Cooper G S, Yuan Z, Chak A, Rimm A A
Department of Epidemiology and Biostatistics, Case Western Reserve University, University Hospitals of Cleveland, Ohio 44106, USA.
Cancer. 1999 May 15;85(10):2124-31.
There are a paucity of data supporting the routine use of follow-up testing to detect recurrent disease after potentially curative initial surgery in patients with nonmetastatic colorectal carcinoma.
Using the population-based Surveillance, Epidemiology, and End Results (SEER) registry, all patients age > or =65 years with local or regional colorectal carcinoma who were diagnosed in 1991, underwent surgical resection, and survived at least 6 months after diagnosis were identified. All inpatient, hospital outpatient, and physician/supplier Medicare claims from 6 months after diagnosis through 1994 were examined for follow-up procedures of interest. Procedure use during follow-up was compared across patient groups using both bivariate and multivariate analyses.
A total of 5716 patients were identified, with 1.3% found to have developed subsequent primary tumors of the colon or rectum, and 74% surviving through 1994. One or more procedures of interest were performed in 88% of patients; the most commonly performed tests were liver enzymes, chest X-rays, colonoscopy, and computed tomography scans. Lower rates of testing generally were observed with older age groups, patients with fewer comorbidities, and patients who did not survive through the follow-up period. Among all procedures studied, there also was significant variation in the rates of testing across the 9 SEER areas, varying from 1.5-fold to 3.6-fold. The geographic variation persisted in multivariate models adjusting for potentially confounding factors.
The current study found significant variability in the use of follow-up procedures, with the most striking differences apparent across geographic regions. Further studies are needed to determine the underlying reasons for the disparities, as well as the impact of surveillance on patient outcomes.

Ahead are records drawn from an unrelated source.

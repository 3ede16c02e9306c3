//! Texts, bytes, lists and maps made in an arena. An `Err` says that memory was refused.

ghost use Rattle.std.specs.Prelude.{◌≡◌, IfOk};
ghost use Rattle.request_codec.specs.Tree as tree;
ghost use Rattle.turn_arena.specs.Ascending.{NamesAscend};
ghost use Rattle.turn_arena.specs.inside.Made.{IsListOf, IsMapOf};
ghost use Rattle.turn_arena.specs.NodeValue.{node_value, node_values, field_values};

use crate::node::{Field, Node};
use bumpalo::Bump;
use std::alloc::AllocError;

/// A text, which is copied into the arena.
pub fn text_in<'a>(bump: &'a Bump, content: &str) -> Result<Node<'a>, AllocError>
    ensures { IfOk result (λ n. node_value n ≡ tree.text content.now) }
{
    Ok(Node::Text(bump.try_alloc_str(content)?))
}

/// Bytes, which are copied into the arena.
pub fn bytes_in<'a>(bump: &'a Bump, content: &[u8]) -> Result<Node<'a>, AllocError>
    ensures { IfOk result (λ n. node_value n ≡ tree.bytes content.now) }
{
    Ok(Node::Bytes(bump.try_alloc_slice_copy(content)?))
}

/// A list of the nodes. What they hold is shared.
pub fn list_in<'a>(bump: &'a Bump, items: &[Node<'a>]) -> Result<Node<'a>, AllocError>
    ensures value { IfOk result (λ n. node_value n ≡ tree.list (node_values items.now)) }
    ensures exact { IfOk result (IsListOf items.now) }
{
    Ok(Node::List(bump.try_alloc_slice_copy(items)?))
}

/// A map of the fields. What they hold is shared.
pub fn map_in<'a>(bump: &'a Bump, members: &[Field<'a>]) -> Result<Node<'a>, AllocError>
    requires { NamesAscend members.now }
    ensures value { IfOk result (λ n. node_value n ≡ tree.map (field_values members.now)) }
    ensures exact { IfOk result (IsMapOf members.now) }
{
    Ok(Node::Map(bump.try_alloc_slice_copy(members)?))
}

对于非转移性结直肠癌患者,在进行了可能治愈性的初始手术后,缺乏支持常规使用随访检测来发现复发性疾病的数据。
利用基于人群的监测、流行病学和最终结果(SEER)登记处的数据,确定了所有年龄≥65岁、1991年诊断为局部或区域结直肠癌、接受了手术切除且诊断后存活至少6个月的患者。检查了从诊断后6个月至1994年的所有住院、医院门诊以及医生/供应商的医疗保险理赔记录,以查找感兴趣的随访程序。使用双变量和多变量分析比较了不同患者组随访期间的程序使用情况。
共识别出5716例患者,其中1.3%被发现随后发生了结肠或直肠癌的原发性肿瘤,74%存活至1994年。88%的患者进行了一项或多项感兴趣的程序;最常进行的检查是肝酶、胸部X线、结肠镜检查和计算机断层扫描。年龄较大的组、合并症较少的患者以及未存活至随访期结束的患者的检测率通常较低。在所有研究的程序中,9个SEER地区的检测率也存在显著差异,相差1.5倍至3.6倍。在调整了潜在混杂因素的多变量模型中,地理差异仍然存在。
当前研究发现随访程序的使用存在显著差异,最明显的差异出现在不同地理区域之间。需要进一步研究以确定差异的潜在原因以及监测对患者结局的影响。